Meta ha riconosciuto la pratica, sottolineando che è prevista nelle condizioni d’uso, ma molti utenti ignorano che ciò accade.Gli smart glasses Meta permettono di registrare video, fare telefonate, ascoltare musica e interagire con l’IA tramite comandi vocali o pulsanti sulla montatura. Per funzionare correttamente, l’intelligenza artificiale deve essere addestrata a riconoscere oggetti e situazioni, e per questo intervengono i cosiddetti “annotatori di dati”, dipendenti di società esterne come Sama a Nairobi. Questi revisori osservano i video per indicare all’algoritmo cosa appare nell’inquadratura, dal traffico urbano agli ambienti domestici, e in alcuni casi anche dettagli privati, come scene intime, persone nude o l’uso di carte di credito.

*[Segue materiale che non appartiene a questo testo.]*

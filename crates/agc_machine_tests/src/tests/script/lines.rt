//! Tests how a file is split into lines and words.
use super::*;
use agc_word::{next_line, next_word};

#[test]
fn lines_and_words(rt: HostRuntime) {
    let want = [raise(1, 1), raise(2, 2)];
    lists(&rt, b"1 raise 1\n2 raise 2", &want);
    lists(&rt, b"1 raise 1\n2 raise 2\n", &want);
    lists(&rt, b"1 raise 1\r\n2 raise 2\r\n", &want);
    lists(&rt, b"1 raise 1\r\n2 raise 2\r", &want);
    let spaced = b"\n\t 1\traise \t 1 \n\n# 0 raise 3\n  #\n2 raise 2\t\n\n";
    lists(&rt, spaced, &want);
    refuses(
        &rt,
        &[
            (b"# \x80", 1, FaultKind::NotAscii),
            (b"\n\xEF\xBB\xBF0 raise 1", 2, FaultKind::NotAscii),
            (b"0 raise 1\r\r\n", 1, FaultKind::BadNumber),
            (b"\r\r", 1, FaultKind::BadCycle),
            (b"0 raise 1\r0 raise 2", 1, FaultKind::UnknownWord),
            (b"0\x0Braise 1", 1, FaultKind::BadCycle),
            (b"+5 raise 1", 1, FaultKind::BadCycle),
            (b"0 pulse x y", 1, FaultKind::UnknownWord),
        ],
    );
}

/// The length limit and the ASCII check also apply to comments and blank lines.
#[test]
fn comments_and_blanks(rt: HostRuntime) {
    let comment = repeated(&rt, b"#", 120);
    let blanks = repeated(&rt, b" ", 120);
    accepts(&rt, &[&comment, &blanks]);
    let comment = repeated(&rt, b"#", 121);
    let blanks = repeated(&rt, b"\t", 121);
    refuses(
        &rt,
        &[
            (&comment, 1, FaultKind::LineTooLong),
            (&blanks, 1, FaultKind::LineTooLong),
            (b"#\x80", 1, FaultKind::NotAscii),
            (b" # \xFF 0 raise 1", 1, FaultKind::NotAscii),
        ],
    );
}

/// The first line of a file without its end, and the rest.
#[test]
fn first_lines(rt: HostRuntime) {
    has_first_line(&rt, b"one\ntwo\n", b"one", b"two\n");
    has_first_line(&rt, b"one\n", b"one", b"");
    has_first_line(&rt, b"one", b"one", b"");
    has_first_line(&rt, b"one\r\ntwo", b"one", b"two");
    has_first_line(&rt, b"one\r", b"one", b"");
    has_first_line(&rt, b"one\r\r\n", b"one\r", b"");
    has_first_line(&rt, b"o\rne\ntwo", b"o\rne", b"two");
    has_first_line(&rt, b"\n\ntwo", b"", b"\ntwo");
    has_first_line(&rt, b"\r\n", b"", b"");
    has_first_line(&rt, b" \t\ntwo", b" \t", b"two");
    has_first_line(&rt, b"# one\n2 key 5", b"# one", b"2 key 5");
    equal(&rt, next_line(b""), None);
}

fn has_first_line(rt: &impl Abort, file: &[u8], line: &[u8], rest: &[u8]) {
    equal_at(rt, file, next_line(file), Some((line, rest)));
}

/// The first word of a line, and the rest: only spaces and tabs separate words.
#[test]
fn first_words(rt: HostRuntime) {
    has_first_word(&rt, b"one two", b"one", b" two");
    has_first_word(&rt, b"one\ttwo", b"one", b"\ttwo");
    has_first_word(&rt, b" \t one  two ", b"one", b"  two ");
    has_first_word(&rt, b"one", b"one", b"");
    has_first_word(&rt, b"one ", b"one", b" ");
    has_first_word(&rt, b"# one", b"#", b" one");
    has_first_word(&rt, b"one#two", b"one#two", b"");
    has_first_word(&rt, b"one\r\ntwo three", b"one\r\ntwo", b" three");
    has_no_word(&rt, b"");
    has_no_word(&rt, b" ");
    has_no_word(&rt, b"\t \t");
}

fn has_first_word(rt: &impl Abort, line: &[u8], word: &[u8], rest: &[u8]) {
    equal_at(rt, line, next_word(line), Some((word, rest)));
}

fn has_no_word(rt: &impl Abort, line: &[u8]) {
    equal_at(rt, line, next_word(line), None);
}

Oltre ai video, i revisori possono accedere alle trascrizioni delle conversazioni tra utenti e intelligenza artificiale per verificare che il sistema risponda correttamente. I lavoratori non possono usare smartphone e sono sorvegliati da telecamere, per evitare la diffusione dei contenuti. Nonostante i filtri applicati da Meta, alcuni volti e dettagli personali possono rimanere riconoscibili, sollevando dubbi sulla reale tutela della privacy.

Meta ha dichiarato che i contenuti restano sul dispositivo a meno che gli utenti non scelgano di condividerli, e che l’uso dei revisori serve a migliorare l’esperienza e le prestazioni dell’IA. Tuttavia, la pratica ha generato preoccupazioni diffuse tra gli utenti, soprattutto per la mancanza di consapevolezza su chi possa effettivamente vedere i propri video. Questo episodio evidenzia quanto sia cruciale comprendere i termini di utilizzo dei dispositivi intelligenti e riflettere sulle implicazioni della tecnologia sulla privacy personale.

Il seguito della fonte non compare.